# Does PCD need to be in writing on PO if doing an ED first?



## bkmk5 (Feb 19, 2008)

So I just placed an order for a European Delivery on an M3 sedan. Plan on picking it up the latest possible to receive the 1500 holiday credit. On the Purchase order i have all the options/prices all laid out and European delivery clearly stated. 

I must have said to the CA 10 times that I wanted to go over the top and get the full BMW experience my second time around when purchasing a nearly 70k car. So my question is, does he need to write it down on the PO that I want a PCD in addition to an ED on the purchase order or will there be more paperwork in the coming days? I'm pretty sure its not a serious issue but rather have it in writing if it is needed.

Also, if i wanted my windows tinted upon redelivery to PCD; can this be done upon my arrival in SC? 

Two more questions while I'm at it. Sorry! :eeps:

Is it possible for the front plate and bracket to not be installed at PCD after the european plates are removed?

Also, are the NYS plates just a 20 day temporary tag or an actual plate?

TIA


----------



## JimD1 (Jun 5, 2009)

You'll probably get a note from Jonathan who works at the Performance Center tomorrow. They routinely avoid installing the front plate bracket until you ask them to. It would be good to get your dealer to send a note to the Performance Center but it should not be an issue.

I did not get anything in writing from the dealer at PCD but I felt better after Jonathan confirmed I was on their list. 

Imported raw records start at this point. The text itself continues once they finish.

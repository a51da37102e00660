//! The end of a commit that was interrupted.
//!
//! Two log disks that are not out may say the same, or differ in one of three ways:
//!
//! - the standing one is open and the other one is closed over the meta before: the batch is
//!   brought to the other one, as in the first two steps of a commit;
//! - both are open: the targets are laid, and the gates closed, as in the last three steps;
//! - the standing one is closed and the other one is open with the same meta: its targets have
//!   been laid. The meta is written to place 1 of the other one, and its gate is closed.
//!
//! A log disk that the meta names out is left alone.
ghost use Rattle.std.specs.Prelude.{◌≡◌, ◌≢◌, ◌<◌, ◌≤◌, true, false, length, Some, OnOk, IfErr, IfOk};
ghost use Rattle.paraid_base.specs.Log.{batch_room};
ghost use Rattle.paraid_record.specs.Targets.{AreTargets};
ghost use Rattle.paraid_txn.specs.Commit.{gone_out};
ghost use Rattle.paraid_txn.specs.CommitPart.{SyncedPart};
ghost use Rattle.paraid_txn.specs.CrashSpecification.{CrashSpecification};
ghost use Rattle.paraid_txn.specs.Uses.{Uses, UsesLog};
ghost use Rattle.paraid_image.specs.Out.{named_out};
ghost use Rattle.paraid_txn.specs.Ready.{AreTargetsReady, IsLogReady};
ghost use Rattle.paraid_txn.specs.Resume.{CanResume, StandsWhileResumed, LeadsResume, HoldsThroughResume, AreDisksSame, EndsResumed, EndsLaid, OnlyReadsIfClosed, ShutSynced, ShutEnd, HoldsThroughShut};
ghost use Rattle.paraid_image.specs.Sides.{closed_over, log_state, is_open, targets};
ghost use Rattle.paraid_txn.specs.CommitStages.{CloseStage, IsSpelled, Job, LayIn, job_gone, job_named};
ghost use Rattle.paraid_image.specs.Standing.{other_log};
ghost use Rattle.paraid_record.specs.declared.meta.Meta.{Meta as MetaType};

use crate::batch::Batch;
use crate::calls::{put_synced, take};
use crate::commit::{finish, lay_all, spell_meta, spell_targets, write_log};
use crate::gates::{gate, opens};
use crate::losses::Losses;
use crate::store::{Store, find_absent, out_first};
use paraid_base::{Block, DiskNo, GATE, META, Two};
use paraid_rack::Rack;
use paraid_record::Meta;

// The batch is brought to the log disk beside `side`, if that one is live and its gate is closed.
fn catch_up<R: Rack>(
    rack: &mut R,
    losses: &mut Losses,
    skip: Option<DiskNo>,
    side: DiskNo,
    batch: &Batch,
    list: &Block,
    meta: &Block,
) -> Result<(), Two>
    requires exists { 2 ≤ R.slot_count rack.old }
    requires log_disk { side < 2 }
    requires log { IsLogReady skip (R.slot rack.old) }
    requires few { length batch.now ≤ batch_room }
    ensures leaves { SyncedPart R.Rack (UsesLog skip) losses.old losses.new rack.old rack.new
        result }
    ensures crash { (j : Job) → IsSpelled j → job_named j ≡ skip → j.batch ≡ batch.now
        → j.list ≡ list.now → j.spelled ≡ meta.now → LeadsResume j side
        → CrashSpecification (HoldsThroughResume j side) (AreDisksSame j) (LayIn j 0)
        (R.told rack.old) (R.told rack.new) result }
{
    let other = 1 - side;
    let mut found = Block::zero();
    let read = take(rack, losses, skip, other, GATE, &mut found)?;
    if !read {
        return Ok(());
    }
    if opens(&found) {
        return Ok(());
    }
    write_log(rack, losses, Some(side), other, batch, list, meta)?;
    let opened = gate(true);
    put_synced(rack, losses, Some(side), other, GATE, &opened)
}

// The log disk that stands is open: the commit is ended.
fn resume_open<R: Rack>(
    rack: &mut R,
    losses: &mut Losses,
    side: DiskNo,
    meta: &Meta,
    batch: &Batch,
    list: &Block,
    spelled: &Block,
) -> Result<(), Two>
    requires exists { meta.now.setup.geometry.disks ≤ R.slot_count rack.old }
    requires log_disk { side < 2 }
    requires log { IsLogReady (named_out meta.now.out) (R.slot rack.old) }
    requires ready { AreTargetsReady (gone_out meta.now.out) (R.slot_count rack.old)
        (R.slot rack.old) (targets batch.now) }
    requires in_range { AreTargets meta.now.setup.geometry (targets batch.now) }
    ensures leaves { SyncedPart R.Rack
        (Uses meta.now batch.now) losses.old losses.new rack.old rack.new result }
    ensures crash { (j : Job) → IsSpelled j → job_named j ≡ named_out meta.now.out
        → job_gone j ≡ gone_out meta.now.out → j.batch ≡ batch.now → j.list ≡ list.now
        → j.spelled ≡ spelled.now → LeadsResume j side
        → CrashSpecification (HoldsThroughResume j side) (AreDisksSame j) (CloseStage j 2)
        (R.told rack.old) (R.told rack.new) result }
{
    let named = meta.out.named();
    catch_up(rack, losses, named, side, batch, list, spelled)?;
    lay_all(
        rack,
        losses,
        meta.out.gone(),
        batch,
        meta.setup.geometry.disks,
    )?;
    finish(rack, losses, named, spelled)
}

// The meta is written to a log disk whose gate is open, and the gate is closed.
fn shut<R: Rack>(
    rack: &mut R,
    losses: &mut Losses,
    skip: Option<DiskNo>,
    disk: DiskNo,
    meta: &Block,
) -> Result<(), Two>
    requires exists { disk < R.slot_count rack.old }
    requires log_disk { disk < 2 }
    requires log { IsLogReady skip (R.slot rack.old) }
    ensures leaves { SyncedPart R.Rack (UsesLog skip) losses.old losses.new rack.old rack.new
        result }
    ensures crash { (j : Job) → IsSpelled j → job_named j ≡ skip → j.spelled ≡ meta.now
        → job_named j ≢ Some disk → is_open (j.start.block disk 0) ≡ true
        → CrashSpecification (HoldsThroughShut j disk) (AreDisksSame j) (ShutSynced j disk)
        (R.told rack.old) (R.told rack.new) result }
{
    put_synced(rack, losses, skip, disk, META, meta)?; // before its gate closes
    let closed = gate(false);
    put_synced(rack, losses, skip, disk, GATE, &closed)
}

// The log disk that stands is closed: the other one is closed too, if it is live and open.
fn resume_closed<R: Rack>(
    rack: &mut R,
    losses: &mut Losses,
    skip: Option<DiskNo>,
    side: DiskNo,
    meta: &Block,
) -> Result<(), Two>
    requires exists { 2 ≤ R.slot_count rack.old }
    requires log_disk { side < 2 }
    requires log { IsLogReady skip (R.slot rack.old) }
    ensures leaves { SyncedPart R.Rack (UsesLog skip) losses.old losses.new rack.old rack.new
        result }
    ensures crash { (j : Job) → IsSpelled j → job_named j ≡ skip
        → j.spelled ≡ meta.now → CrashSpecification (HoldsThroughShut j (other_log side))
        (AreDisksSame j) (ShutEnd j (other_log side)) (R.told rack.old) (R.told rack.new) result }
    ensures quiet { (m : MetaType) → named_out m.out ≡ skip
        → OnlyReadsIfClosed (R.told rack.old) (R.told rack.new) (closed_over m) }
{
    let other = 1 - side;
    let mut found = Block::zero();
    let read = take(rack, losses, skip, other, GATE, &mut found)?;
    if !read {
        return Ok(());
    }
    if !opens(&found) {
        return Ok(());
    }
    shut(rack, losses, skip, other, meta)
}

// Either.
fn end_commit<R: Rack>(
    rack: &mut R,
    losses: &mut Losses,
    side: DiskNo,
    gate_open: bool,
    meta: &Meta,
    batch: &Batch,
) -> Result<(), Two>
    requires { CanResume (R.slot_count rack.old) (R.slot rack.old) side gate_open batch.now
        meta.now }
    ensures leaves { SyncedPart R.Rack (Uses meta.now batch.now) losses.old losses.new rack.old
        rack.new result }
    ensures moments { StandsWhileResumed (R.told rack.old) (R.told rack.new) side
        (log_state gate_open meta.now batch.now) }
    ensures done { OnOk result (EndsResumed (R.told rack.old) (R.told rack.new) side
        (log_state gate_open meta.now batch.now)) }
    ensures laid { OnOk result (EndsLaid (R.told rack.old) (R.told rack.new) side
        (log_state gate_open meta.now batch.now)) }
    ensures quiet { OnlyReadsIfClosed (R.told rack.old) (R.told rack.new)
        (log_state gate_open meta.now batch.now) }
{
    let list = spell_targets(batch);
    let spelled = spell_meta(meta);
    if gate_open {
        return resume_open(rack, losses, side, meta, batch, &list, &spelled);
    }
    resume_closed(rack, losses, meta.out.named(), side, &spelled)
}

/// Two disks are down, so that an interrupted commit was not ended.
#[derive(Drop)]
pub struct ResumeRefused<R: Rack> {
    pub two: Two,
    pub rack: R,
}

impl<R: Rack> Store<R> {
    ghost use Rattle.paraid_txn.specs.Steps.{RefusesResume, Resumes};

    /// Takes over a rack and ends a commit that was interrupted: at Ok nothing is loose, all live
    /// gates are closed and the meta that stood is at place 1.
    ///
    /// `side` is the log disk that stands, `gate_open` tells its gate, `meta` is its meta, and
    /// `batch` holds its targets with their blocks, none where the gate is closed. A single lost
    /// disk goes out; where a second one is down it ends, names both and gives the rack back.
    pub fn resume(
        rack: R,
        side: DiskNo,
        gate_open: bool,
        batch: &Batch,
        meta: &Meta,
    ) -> Result<Store<R>, ResumeRefused<R>>
        requires { CanResume (R.slot_count rack) (R.slot rack) side gate_open batch.now meta.now }
        ensures resumes { IfOk result (Resumes side (log_state gate_open meta.now batch.now) rack) }
        ensures refused { IfErr result (λ refused. RefusesResume R.Rack side
            (log_state gate_open meta.now batch.now) rack refused.rack refused.two) }
    {
        let mut store = Store::adopt(rack, meta);
        let absent = find_absent(&store.rack, store.disks);
        let mut losses = Losses {
            down: out_first(absent, store.named, store.named),
            lost: None,
        };
        let ended = end_commit(&mut store.rack, &mut losses, side, gate_open, meta, batch);
        if let Err(two) = ended {
            return Err(ResumeRefused {
                two,
                rack: store.close(),
            });
        }
        Ok(store)
    }
}
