//! Blocks that are written together, each with the place where it belongs.
ghost use Rattle.std.specs.Prelude.{◌≡◌, ◌≢◌, ◌+◌, ◌*◌, ◌<◌, ◌≤◌, ◌⊎◌, true, false, [], length, get_or, vec_capacity, map, AllPairs, IfOk, IfErr, OnOk, MatchOption, ◌==◌};
ghost use Rattle.std.specs.List.{list_any};
ghost use Rattle.paraid_base.specs.declared.block.Block.{Block as BlockType};
ghost use Rattle.paraid_base.specs.Log.{batch_room};
ghost use Rattle.paraid_base.specs.Xor.{zero_block};
ghost use Rattle.paraid_record.specs.Targets.{no_target, targets_of};
ghost use Rattle.paraid_image.specs.Neutral.{names_place};
ghost use Rattle.paraid_image.specs.Sides.{targets};
ghost use Rattle.paraid_image.specs.Batches.{batch_blocks, names_disk, with_target};
ghost use Rattle.paraid_image.specs.Standing.{overlaid_block};

use paraid_base::{BATCH_ROOM, Block, DiskNo, NoMemory, Place};
use paraid_record::{Target, Targets};
use std::alloc::Global;
use std::marker::Model;

/// A batch holds its 96 targets, and this one is new.
#[derive(Clone, Copy)]
pub struct Full {
    pub count: u8,
}

#[derive(Drop)]
struct Staged {
    block: Block,
    target: Target,
}

/// Up to 96 blocks, each with its target: the disk and the place where it belongs.
///
/// It is seen as the list of its targets with their blocks, in the order in which they were
/// first added. No target stands in it twice.
#[derive(Drop)]
pub struct Batch {
    staged: Vec<Staged>,
}

impl Model for Batch {
    ghost use Rattle.std.specs.Prelude.{List, map, length, ◌≤◌, ◌≢◌, AllPairs, vec_capacity};
    ghost use Rattle.paraid_base.specs.declared.block.Block.{Block as BlockType};
    ghost use Rattle.paraid_record.specs.declared.targets.Target.{Target as TargetType};
    ghost use Rattle.paraid_base.specs.Log.{batch_room};
    ghost use Rattle.paraid_image.specs.Sides.{targets};

    ghost Value = { List (TargetType × BlockType) };

    ghost view = { λ b. map (λ s. (s.target, s.block)) b.staged.items };

    ghost invariant = { λ b. (length b.staged.items ≤ batch_room)
        × (batch_room ≤ vec_capacity b.staged)
        × AllPairs (λ s t. s.target ≢ t.target) b.staged.items };
}

impl Batch {
    /// An empty batch, with the memory for all that it may hold.
    pub fn new(alloc: Global) -> Result<Batch, NoMemory>
        ensures { IfOk result (λ batch. batch ≡ []) }
    {
        let Ok(staged) = Vec::with_capacity(alloc, BATCH_ROOM) else {
            return Err(NoMemory);
        };
        Ok(Batch { staged })
    }

    /// The number of targets, at most 96.
    pub fn count(&self) -> u8
        ensures value { result ≡ length self.now }
        ensures few { result ≤ batch_room }
    {
        self.staged.len() as u8
    }

    /// Holds this block for this target, in place of the one that it had.
    ///
    /// It refuses a new target exactly where it holds 96, and is then as before.
    pub fn add(&mut self, disk: DiskNo, place: Place, block: &Block) -> Result<(), Full>
        ensures ok { OnOk result (self.new
            ≡ with_target self.old (record { disk = disk; place = place }) block.now) }
        ensures full { IfErr result (λ full. (full.count ≡ batch_room)
            × (length self.old ≡ batch_room) × (names_place self.old disk place ≡ false)
            × (self.new ≡ self.old)) }
        ensures room { OnOk result
            ((names_place self.old disk place ≡ true) ⊎ (length self.old < batch_room)) }
    {
        let target = Target { disk, place };
        if let Some(at) = self.find(target) {
            self.staged[at].block.copy_from(block);
            return Ok(());
        }
        if self.staged.len() == BATCH_ROOM {
            return Err(Full {
                count: BATCH_ROOM as u8,
            });
        }
        self.staged.push_reserved(Staged {
            target,
            block: Block::from_array(block.bytes),
        });
        Ok(())
    }

    /// The block that is held for this target.
    pub fn get(&self, disk: DiskNo, place: Place) -> Option<&Block>
        ensures { MatchOption result (names_place self.now disk place ≡ false)
            (λ block. (any : BlockType) → overlaid_block self.now disk place any ≡ block.now) }
    {
        let at = self.find(Target { disk, place })?;
        Some(&self.staged[at].block)
    }

    /// Holds nothing any more.
    pub fn clear(&mut self)
        ensures { self.new ≡ [] }
    {
        self.staged.clear();
    }

    // The place of a target in the order.
    fn find(&self, target: Target) -> Option<usize>
        ensures { MatchOption result (names_place self.now target.disk target.place ≡ false)
            (λ at. (at < length self.now)
            × (get_or (targets self.now) at no_target ≡ target)) }
    {
        for at in 0..self.staged.len() {
            if is_same(self.staged[at].target, target) {
                return Some(at);
            }
        }
        None
    }

    /// The target that stands there in the order.
    pub fn target(&self, at: usize) -> Target
        requires { at < length self.now }
        ensures { result ≡ get_or (targets self.now) at no_target }
    {
        self.staged[at].target
    }

    /// The block of the target that stands there in the order.
    pub fn block(&self, at: usize) -> &Block
        requires { at < length self.now }
        ensures { result.now ≡ get_or (batch_blocks self.now) at zero_block }
    {
        &self.staged[at].block
    }

    /// The list of its targets.
    pub fn targets(&self) -> Targets
        ensures value { targets_of result ≡ targets self.now }
        ensures few { result.count ≤ batch_room }
        ensures count { result.count ≡ length self.now }
        ensures distinct { AllPairs (λ s t. s ≢ t) (targets self.now) }
    {
        let mut targets = Targets {
            count: self.staged.len() as u8,
            list: [Target { disk: 0, place: 0 }; BATCH_ROOM],
        };
        for at in 0..self.staged.len() {
            targets.list[at] = self.staged[at].target;
        }
        targets
    }

    /// Whether a target is on this disk.
    pub fn has_disk(&self, disk: DiskNo) -> bool
        ensures { result ≡ names_disk self.now disk }
    {
        is_one_on(&self.staged, disk)
    }
}

// A target as one number, so that a search compares two by one test.
fn key(target: Target) -> u64
    ensures { result ≡ 256 * target.place + target.disk }
{
    256 * u64::from(target.place) + u64::from(target.disk)
}

// Whether two targets are the same.
fn is_same(one: Target, other: Target) -> bool
    ensures same { result ≡ true → one ≡ other }
    ensures other { result ≡ false → one ≢ other }
{
    key(one) == key(other)
}

// Whether one of these is on this disk.
fn is_one_on(staged: &[Staged], disk: DiskNo) -> bool
    ensures { result ≡ list_any (λ s. s.target.disk == disk) staged.now }
{
    staged.iter().any(|one| one.target.disk == disk)
}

The tags is a question for your dealer. The Performance Center just installs the plates they get. I ended up bringing mine because my dealer didn't order them in time to send them to the Performance Center. No big deal. It took Willie, my delivery specialist, a couple minutes to put them on. I had a screwdriver too, just in case (and the car comes with one). 

Jim


----------



## bkmk5 (Feb 19, 2008)

JimD1 said:


> You'll probably get a note from Jonathan who works at the Performance Center tomorrow. They routinely avoid installing the front plate bracket until you ask them to. It would be good to get your dealer to send a note to the Performance Center but it should not be an issue.
> 
> I did not get anything in writing from the dealer at PCD but I felt better after Jonathan confirmed I was on their list.
> 
> ...


Thanks much appreciated!

From what I've read, I wont really have a PCD date until it docks stateside and passes customs. Kinda funny how i'll be 35 miles away from it when its in the Port of NJ and then ending up flying to SC to pick it up!

I'll give a call to my CA to just check in if hes got a production # yet and also remind him about the PCD.


----------



## I-Won-Today (Feb 21, 2007)

No need for PCD to be mentioned on the PO, except for your own peace of mind. Just remind your CA to submit a reservation as soon as they get a production # and you have a rough idea of what day you plan to drop the vehicle off after your ED.

Tinted windows can't be done prior to your delivery. You would have to make arrangments after you take delivery of the vehicle to have that done.

Front plate bracket won't be installed unless you request it when you're here. For the ED re-delivery vehicles, your euro front plate will actually still be on the front and the rear euro plate will be in the trunk.

In regards to the NYS tag, you'll need to ask your CA that one.


Look forward to seeing you in the future. Have fun on your ED :thumbup:


----------



## bkmk5 (Feb 19, 2008)

Thanks Jon much appreciated! :thumbup: Looking forward to meeting you as well!

:roundel: :freakdanc 

17 weeks till I pick it up in Munich


----------